The final solution for COPE was to protocolise two separate doses according to ‘usual practice’: the obstetricians would use 10 IU i.v. over 2 min for vaginal births, whilst the anaesthetists would give 5 IU to those having caesarean section. The argument is that those having a caesarean are more likely to have excessive blood loss and to have spinal anaesthesia-related hypotension. In both circumstances, the study training in all 40 maternity recruitment sites would stress the need for injection over at least 2 min, and dilution in 10 ml saline to facilitate this. This would aim to sensitise obstetricians and midwives to the hypotensive effects of oxytocin, whilst retaining ‘normal practice’ control arms.

So, if you are running COPE in your maternity unit, give some thought to the way in which the protocol has been adjusted to reflect normal practice. And if you’re not (and why not?), then this story provides lessons on how working in silos can lead to the evolution of markedly different care pathways for the same problem. Drug safety and efficacy are both critical features of clinical pharmacology, and a focus on either in isolation is unhelpful: real progress is best achieved when we consider both of these to achieve the optimum final outcome. 

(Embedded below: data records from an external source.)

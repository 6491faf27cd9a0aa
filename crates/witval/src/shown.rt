ghost use Rattle.std.specs.Prelude.{IfOk};
ghost use Rattle.witval.specs.Replies.{SummaryIn, SummaryOf};

use crate::output::Output;
use crate::refusal::{refuse_schema, refuse_yaml};
use std::alloc::Global;
use wv_base::{OutOfMemory, Seq};
use wv_schema::witness_of;
use wv_show::summary;
use wv_yaml::{Tree, read};

/// The summary of a witness of allowed length, or the refusal of its bytes.
pub fn shown(alloc: Global, witness: &[u8]) -> Result<Output, OutOfMemory>
    ensures { IfOk result (λ output. SummaryIn output witness.now) }
{
    match read(alloc, witness) {
        Ok(tree) => shown_tree(alloc, &tree),
        Err(fault) => Ok(Output::Report(refuse_yaml(alloc, fault)?)),
    }
}

/// The summary of the witness of a tree, or the refusal of the tree.
fn shown_tree(alloc: Global, tree: &Tree) -> Result<Output, OutOfMemory>
    ensures { IfOk result (λ output. SummaryOf output tree.now) }
{
    match witness_of(alloc, tree) {
        Ok(witness) => Ok(Output::Summary(Seq::from_vec(summary(alloc, &witness)?))),
        Err(fault) => Ok(Output::Report(refuse_schema(alloc, fault)?)),
    }
}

Professor Andrew D. Weeks on behalf of the COPE Study Team

Professor of International Maternal Health

University of Liverpool

Twitter: @adweeks

References

1. Balki M, Ronayne M, Davies S, et al. Minimum oxytocin dose requirement after cesarean delivery for labor arrest. Obstetrics and Gynecology 2006; 107: 45-50. 

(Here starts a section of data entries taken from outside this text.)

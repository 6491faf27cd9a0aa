ghost use Rattle.std.specs.Prelude.{◌≡◌, ◌≤◌, None, IfOk};
ghost use Rattle.witval.specs.Inputs.{AreWithin};
ghost use Rattle.witval.specs.Kept.{KeepsFor, KeepsOf};
ghost use Rattle.witval.specs.Purposes.{Rechecking, RightOnInputs};
ghost use Rattle.witval.specs.Replies.{CanonicalIn, IsStopped, IsStoppedAtSource, IsStoppedOfFour, Right, RightAlone, RightAuthor, RightCertificate, RightDemo, RightRecheck, RightSeek, RightVerdict, RightWeed, SummaryIn};
ghost use Rattle.witval.specs.Running.{HasIntegers};
ghost use Rattle.witval.specs.inside.Allowed.{AreAllowed, IsAllowed, IsBudget, IsSearch};
ghost use Rattle.wv_arguments.specs.Requests.{given, labelled, limits, named, stated};

use crate::authoring::{Draft, author_inputs};
use crate::canonical::canonical;
use crate::demonstration::demonstrate;
use crate::input::{FourInputs, FourStop, Stop, read_four, read_one, read_three};
use crate::judging::judge;
use crate::output::Output;
use crate::purpose::Purpose;
use crate::refusal::{
    certificate_fault, read_fault, refuse_long_certificate, refuse_long_source, refuse_plainly,
    refuse_too_long, source_fault,
};
use crate::shown::shown;
use c_core::Program;
use std::alloc::Global;
use wv_arguments::{Asked, Budgets, Label, Names, Request, Sources};
use wv_base::{OutOfMemory, ReadFault, Seq, Shelf};
use wv_report::Reply;

/// The reply where reading one of three files stopped.
fn stopped(alloc: Global, stop: Stop) -> Result<Reply, OutOfMemory>
    ensures { IfOk result (IsStopped stop) }
{
    match stop {
        Stop::Fault(file) => read_fault(alloc, file),
        Stop::TooLong(file) => refuse_too_long(alloc, file),
        Stop::OutOfMemory => Err(OutOfMemory),
    }
}

/// The reply where reading three files and a certificate stopped.
fn stopped_of_four(alloc: Global, stop: FourStop) -> Result<Reply, OutOfMemory>
    ensures { IfOk result (IsStoppedOfFour stop) }
{
    match stop {
        FourStop::Three(stop) => stopped(alloc, stop),
        FourStop::Certificate(ReadFault::Fault) => certificate_fault(alloc),
        FourStop::Certificate(ReadFault::TooLong) => refuse_long_certificate(alloc),
        FourStop::Certificate(ReadFault::OutOfMemory) => Err(OutOfMemory),
    }
}

/// The reply where reading the three files of a violation witness that is made stopped.
fn stopped_at_source(alloc: Global, stop: Stop) -> Result<Reply, OutOfMemory>
    ensures { IfOk result (IsStoppedAtSource stop) }
{
    match stop {
        Stop::Fault(file) => source_fault(alloc, file),
        Stop::TooLong(file) => refuse_long_source(alloc, file),
        Stop::OutOfMemory => Err(OutOfMemory),
    }
}

/// The verdict on a program, a property and a witness; the checked program is kept.
#[tactic(auto, using(crate::proofs::KeptLaws::nothing_kept))]
fn validate<S: Shelf>(
    alloc: Global,
    names: &Names<'_>,
    budgets: Budgets,
    shelf: &mut S,
    kept: &mut Option<Program>,
) -> Result<Output, OutOfMemory>
    requires allowed { IsAllowed (limits budgets) }
    requires none { kept.old ≡ None }
    ensures right { IfOk result (RightVerdict (named names.now) (limits budgets) (S.state shelf.old)
        (S.state shelf.new)) }
    ensures integers { IfOk result HasIntegers }
    ensures same_files { (S.state shelf.new).files ≡ (S.state shelf.old).files }
    ensures kept { KeepsOf (named names.now).program (S.state shelf.old) kept.new }
{
    match read_three(alloc, names, shelf) {
        Ok(inputs) => judge(alloc, &inputs, Purpose::Judge(budgets), kept),
        Err(stop) => Ok(Output::Report(stopped(alloc, stop)?)),
    }
}

/// The certificate of a program, a property and a witness.
fn certify<S: Shelf>(
    alloc: Global,
    names: &Names<'_>,
    conflicts: u64,
    shelf: &mut S,
) -> Result<Output, OutOfMemory>
    requires { IsBudget conflicts }
    ensures right { IfOk result (RightCertificate (named names.now) conflicts (S.state shelf.old) (S.state shelf.new)) }
    ensures integers { IfOk result HasIntegers }
    ensures same_files { (S.state shelf.new).files ≡ (S.state shelf.old).files }
{
    match read_three(alloc, names, shelf) {
        Ok(inputs) => judge(alloc, &inputs, Purpose::Certify(conflicts), &mut None),
        Err(stop) => Ok(Output::Report(stopped(alloc, stop)?)),
    }
}

/// What comes of checking a certificate again.
fn recheck_four(alloc: Global, four: FourInputs) -> Result<Output, OutOfMemory>
    requires { AreWithin four.inputs }
    ensures { IfOk result
        (RightOnInputs (Rechecking four.certificate.items) four.inputs.program.items four.inputs.property.items
        four.inputs.witness.items) }
{
    let certificate = Seq::from_vec(four.certificate);
    judge(
        alloc,
        &four.inputs,
        Purpose::Recheck(certificate),
        &mut None,
    )
}

/// A certificate of a program, a property and a witness, checked again.
fn recheck<S: Shelf>(
    alloc: Global,
    names: &Names<'_>,
    certificate: &str,
    shelf: &mut S,
) -> Result<Output, OutOfMemory>
    ensures right { IfOk result (RightRecheck (named names.now) certificate.now (S.state shelf.old)
        (S.state shelf.new)) }
    ensures integers { IfOk result HasIntegers }
    ensures same_files { (S.state shelf.new).files ≡ (S.state shelf.old).files }
{
    match read_four(alloc, names, certificate, shelf) {
        Ok(four) => recheck_four(alloc, four),
        Err(stop) => Ok(Output::Report(stopped_of_four(alloc, stop)?)),
    }
}

/// A witness with the invariants that hold up together, and no others.
fn weed<S: Shelf>(
    alloc: Global,
    names: &Names<'_>,
    conflicts: u64,
    shelf: &mut S,
) -> Result<Output, OutOfMemory>
    requires { IsBudget conflicts }
    ensures right { IfOk result (RightWeed (named names.now) conflicts (S.state shelf.old) (S.state shelf.new)) }
    ensures integers { IfOk result HasIntegers }
    ensures same_files { (S.state shelf.new).files ≡ (S.state shelf.old).files }
{
    match read_three(alloc, names, shelf) {
        Ok(inputs) => judge(alloc, &inputs, Purpose::Weed(conflicts), &mut None),
        Err(stop) => Ok(Output::Report(stopped(alloc, stop)?)),
    }
}

/// The same number, which is small.
fn turns_of(turns: u64) -> u32
    requires { turns ≤ 64 }
    ensures { result ≡ turns }
{
    turns as u32
}

/// Values for the open inputs of a violation witness; the checked program is kept.
#[tactic(auto, using(crate::proofs::KeptLaws::nothing_kept))]
fn seek<S: Shelf>(
    alloc: Global,
    names: &Names<'_>,
    turns: u64,
    conflicts: u64,
    shelf: &mut S,
    kept: &mut Option<Program>,
) -> Result<Output, OutOfMemory>
    requires allowed { IsSearch turns conflicts }
    requires none { kept.old ≡ None }
    ensures right { IfOk result (RightSeek (named names.now) turns conflicts (S.state shelf.old) (S.state shelf.new)) }
    ensures integers { IfOk result HasIntegers }
    ensures same_files { (S.state shelf.new).files ≡ (S.state shelf.old).files }
    ensures kept { KeepsOf (named names.now).program (S.state shelf.old) kept.new }
{
    let turns = turns_of(turns);
    match read_three(alloc, names, shelf) {
        Ok(inputs) => judge(alloc, &inputs, Purpose::Seek { turns, conflicts }, kept),
        Err(stop) => Ok(Output::Report(stopped(alloc, stop)?)),
    }
}

/// The violation witness of the run of a program that takes values in turn.
fn author<S: Shelf>(
    alloc: Global,
    sources: &Sources<'_>,
    label: &Label<'_>,
    steps: u64,
    shelf: &mut S,
) -> Result<Output, OutOfMemory>
    ensures right { IfOk result (RightAuthor (given sources.now) (labelled label.now) steps (S.state shelf.old)
        (S.state shelf.new)) }
    ensures integers { IfOk result HasIntegers }
    ensures same_files { (S.state shelf.new).files ≡ (S.state shelf.old).files }
{
    let names = Names {
        program: sources.program,
        property: sources.property,
        witness: sources.values,
    };
    let draft = Draft {
        file: sources.program,
        label: *label,
        steps,
    };
    match read_three(alloc, &names, shelf) {
        Ok(inputs) => author_inputs(alloc, &inputs, &draft),
        Err(stop) => Ok(Output::Report(stopped_at_source(alloc, stop)?)),
    }
}

/// The canonical form of a witness, or why there is none.
fn normalise<S: Shelf>(alloc: Global, name: &str, shelf: &mut S) -> Result<Output, OutOfMemory>
    ensures right { IfOk result (RightAlone CanonicalIn name.now (S.state shelf.old) (S.state shelf.new)) }
    ensures same_files { (S.state shelf.new).files ≡ (S.state shelf.old).files }
{
    match read_one(alloc, name, shelf) {
        Ok(bytes) => canonical(alloc, &bytes),
        Err(Stop::Fault(file)) => Ok(Output::Report(read_fault(alloc, file)?)),
        Err(Stop::TooLong(file)) => Ok(Output::Report(refuse_too_long(alloc, file)?)),
        Err(Stop::OutOfMemory) => Err(OutOfMemory),
    }
}

/// The summary of a witness, or why there is none.
fn show<S: Shelf>(alloc: Global, name: &str, shelf: &mut S) -> Result<Output, OutOfMemory>
    ensures right { IfOk result (RightAlone SummaryIn name.now (S.state shelf.old) (S.state shelf.new)) }
    ensures same_files { (S.state shelf.new).files ≡ (S.state shelf.old).files }
{
    match read_one(alloc, name, shelf) {
        Ok(bytes) => shown(alloc, &bytes),
        Err(Stop::Fault(file)) => Ok(Output::Report(read_fault(alloc, file)?)),
        Err(Stop::TooLong(file)) => Ok(Output::Report(refuse_too_long(alloc, file)?)),
        Err(Stop::OutOfMemory) => Err(OutOfMemory),
    }
}

/// The demo of a number.
fn demo(alloc: Global, number: u64, budgets: Budgets) -> Result<Output, OutOfMemory>
    requires number { number ≤ 999999 }
    requires allowed { IsAllowed (limits budgets) }
    ensures { IfOk result (RightDemo number (limits budgets)) }
{
    let number = number as u32;
    Ok(Output::Demo(demonstrate(alloc, number, budgets)?))
}

/// The output for what is asked, over the files of the shelf.
pub fn answer<S: Shelf>(
    alloc: Global,
    asked: &Asked<'_>,
    shelf: &mut S,
    kept: &mut Option<Program>,
) -> Result<Output, OutOfMemory>
    requires allowed { AreAllowed (stated asked.now).wanted }
    requires none { kept.old ≡ None }
    ensures right { IfOk result (Right (stated asked.now).wanted (S.state shelf.old) (S.state shelf.new)) }
    ensures integers { IfOk result HasIntegers }
    ensures same_files { (S.state shelf.new).files ≡ (S.state shelf.old).files }
    ensures kept { KeepsFor (stated asked.now).wanted (S.state shelf.old) kept.new }
{
    match asked.request {
        Some(Request::Validate { names, budgets }) => validate(alloc, &names, budgets, shelf, kept),
        Some(Request::Normalise(name)) => normalise(alloc, name, shelf),
        Some(Request::Show(name)) => show(alloc, name, shelf),
        Some(Request::Demo { number, budgets }) => demo(alloc, number, budgets),
        Some(Request::Certify { names, conflicts }) => certify(alloc, &names, conflicts, shelf),
        Some(Request::Recheck { names, certificate }) => recheck(alloc, &names, certificate, shelf),
        Some(
            Request::Author {
                sources,
                label,
                steps,
            },
        ) => author(alloc, &sources, &label, steps, shelf),
        Some(Request::Weed { names, conflicts }) => weed(alloc, &names, conflicts, shelf),
        Some(
            Request::Seek {
                names,
                turns,
                conflicts,
            },
        ) => seek(alloc, &names, turns, conflicts, shelf, kept),
        None => Ok(Output::Report(refuse_plainly(alloc, "usage")?)),
    }
}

2. Drew T, Balki M. What does basic science tell us about the use of uterotonics? Best Practice and Research Clinical Obstetrics and Gynaecology 2019; 61: 3-14. 

3. Why Mothers Die 1997–99. Report on Confidential Enquiries into Maternal Deaths in the United Kingdom. London: Royal College of Obstetricians & Gynaecologists, 2001.

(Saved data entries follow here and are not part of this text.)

ghost use Rattle.std.specs.Prelude.{◌≡◌, IfOk};
ghost use Rattle.wv_report.specs.Json.{HasJsonIntegers};
ghost use Rattle.witval.specs.Running.{HasIntegers, bytes_by, recheck_status, recheck_text, report_by, searched_status, searched_text, status_by, unviolated_text};

use crate::demonstration::{Demonstration, status_of_demo, text_of_demo};
use c_core::Spot;
use c_meaning::Draw;
use std::alloc::Global;
use wv_base::{OutOfMemory, Seq};
use wv_cert::Rechecked;
use wv_report::{Reply, found, json, status, text};

/// How a run ends that neither violates the property nor goes beyond a bound.
#[derive(Clone, Copy, Debug, PartialEq, Eq)]
pub enum Unviolated {
    Ended,
    Undefined(Spot),
}

/// What a search for values came to: the draws of a run and the event of each segment, counted from 0; that there are
/// none with so many turns and calls; or that a budget of conflicts was spent.
#[derive(Drop)]
pub enum Searched {
    Found {
        draws: Seq<Draw>,
        positions: Seq<u64>,
    },
    NoneWithin(u32),
    Spent(u64),
}

/// What is written: the report of a reply, the canonical form of a witness, its summary, the lines of a demo, a
/// certificate, what checking one again came to, why there is no violation witness of a run, or what a search came to.
#[derive(Drop)]
pub enum Output {
    Report(Reply),
    Canonical(Seq<u8>),
    Summary(Seq<u8>),
    Demo(Demonstration),
    Certificate(Seq<u8>),
    Rechecked(Rechecked),
    Unviolated(Unviolated),
    Searched(Searched),
}

fn status_of_recheck(answer: &Rechecked) -> u8
    ensures { result ≡ recheck_status answer.now }
{
    match answer {
        Rechecked::Yes { .. } => 0,
        Rechecked::No { .. } | Rechecked::Count { .. } => 1,
    }
}

/// The lines of a certificate that was checked again.
fn text_of_recheck(alloc: Global, answer: &Rechecked) -> Result<Vec<u8>, OutOfMemory>
    ensures { IfOk result (λ bytes. bytes.items ≡ recheck_text answer.now) }
{
    match answer {
        Rechecked::Yes { count } => {
            let text = format!(in alloc; "certificate accepted\nobligations {count}\n")?;
            Ok(text.into_bytes())
        }
        Rechecked::No { index } => {
            let text = format!(in alloc; "certificate refused\nobligation {index}\n")?;
            Ok(text.into_bytes())
        }
        Rechecked::Count { expected, found } => {
            let mut text = format!(in alloc; "certificate refused\nobligations {expected}")?;
            write!(text, " found {found}\n")?;
            Ok(text.into_bytes())
        }
    }
}

/// The lines for a run that doesn't violate the property.
fn text_of_unviolated(alloc: Global, why: Unviolated) -> Result<Vec<u8>, OutOfMemory>
    ensures { IfOk result (λ bytes. bytes.items ≡ unviolated_text why) }
{
    match why {
        Unviolated::Ended => {
            let text = String::from_str(alloc, "no violation\nreason ended\n")?;
            Ok(text.into_bytes())
        }
        Unviolated::Undefined(spot) => {
            let line = spot.line;
            let column = spot.column;
            let mut text = format!(in alloc; "no violation\nreason undefined {line}")?;
            write!(text, ":{column}\n")?;
            Ok(text.into_bytes())
        }
    }
}

fn status_of_search(found: &Searched) -> u8
    ensures { result ≡ searched_status found.now }
{
    match found {
        Searched::Found { .. } => 0,
        Searched::NoneWithin(_) => 1,
        Searched::Spent(_) => 2,
    }
}

/// The lines of what a search came to.
fn text_of_search(alloc: Global, searched: &Searched) -> Result<Vec<u8>, OutOfMemory>
    ensures { IfOk result (λ bytes. bytes.items ≡ searched_text searched.now) }
{
    match searched {
        Searched::Found { draws, positions } => {
            found(alloc, draws.as_slice(), positions.as_slice())
        }
        Searched::NoneWithin(turns) => {
            let text = format!(in alloc; "no values within {turns}\n")?;
            Ok(text.into_bytes())
        }
        Searched::Spent(conflicts) => {
            let text = format!(in alloc; "undecided conflicts {conflicts}\n")?;
            Ok(text.into_bytes())
        }
    }
}

/// The status that the program ends with where the output is written.
pub fn status_of(output: &Output) -> u8
    ensures { result ≡ status_by output.now }
{
    match output {
        Output::Report(reply) => status(reply),
        Output::Canonical(_) | Output::Summary(_) | Output::Certificate(_) => 0,
        Output::Demo(demo) => status_of_demo(demo),
        Output::Rechecked(answer) => status_of_recheck(answer),
        Output::Unviolated(_) => 1,
        Output::Searched(found) => status_of_search(found),
    }
}

/// The report of a reply, as JSON or as text.
fn report(alloc: Global, reply: &Reply, is_json: bool) -> Result<Vec<u8>, OutOfMemory>
    requires { HasJsonIntegers reply.now }
    ensures { IfOk result (λ bytes. bytes.items ≡ report_by is_json reply.now) }
{
    if is_json {
        json(alloc, reply)
    } else {
        text(alloc, reply)
    }
}

/// The bytes of an output; the flag asks for reports in JSON.
pub fn bytes_of(alloc: Global, output: Output, is_json: bool) -> Result<Seq<u8>, OutOfMemory>
    requires { HasIntegers output }
    ensures { IfOk result (λ bytes. bytes ≡ bytes_by is_json output) }
{
    match output {
        Output::Report(reply) => Ok(Seq::from_vec(report(alloc, &reply, is_json)?)),
        Output::Canonical(bytes) => Ok(bytes),
        Output::Summary(bytes) => Ok(bytes),
        Output::Demo(demo) => Ok(Seq::from_vec(text_of_demo(alloc, &demo)?)),
        Output::Certificate(bytes) => Ok(bytes),
        Output::Rechecked(answer) => Ok(Seq::from_vec(text_of_recheck(alloc, &answer)?)),
        Output::Unviolated(why) => Ok(Seq::from_vec(text_of_unviolated(alloc, why)?)),
        Output::Searched(found) => Ok(Seq::from_vec(text_of_search(alloc, &found)?)),
    }
}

4. Heesen M, Carvalho B, Carvalho JCA, et al. International consensus statement on the use of uterotonic agents during caesarean section. Anaesthesia 2019; 74: 1305-19. 

5. Adnan N, Conlan-Trant R, McCormick C, Boland F, Murphy DJ. Intramuscular versus intravenous oxytocin to prevent postpartum haemorrhage at vaginal delivery: randomised controlled trial. British Medical Journal 2018; 362: k3546.

6. Charles D, Anger H, Dabash R, et al. Intramuscular injection, intravenous infusion, and intravenous bolus of oxytocin in the third stage of labor for prevention of postpartum hemorrhage: a three-arm randomized control trial. BMC Pregnancy and Childbirth 2019; 19: 38. 

7. National Institute for Health and Care Excellence. Intrapartum care for healthy women and babies. Clinical guideline [CG190], 2017 https://www.nice.org.uk/guidance/cg190 (accessed 30/7/2020). 

8. Vogel JP, Williams M, Gallos I, Althabe F, Oladapo OT. WHO recommendations on uterotonics for postpartum haemorrhage prevention: what works, and which one? BMJ Global Health 2019; 4: e001466.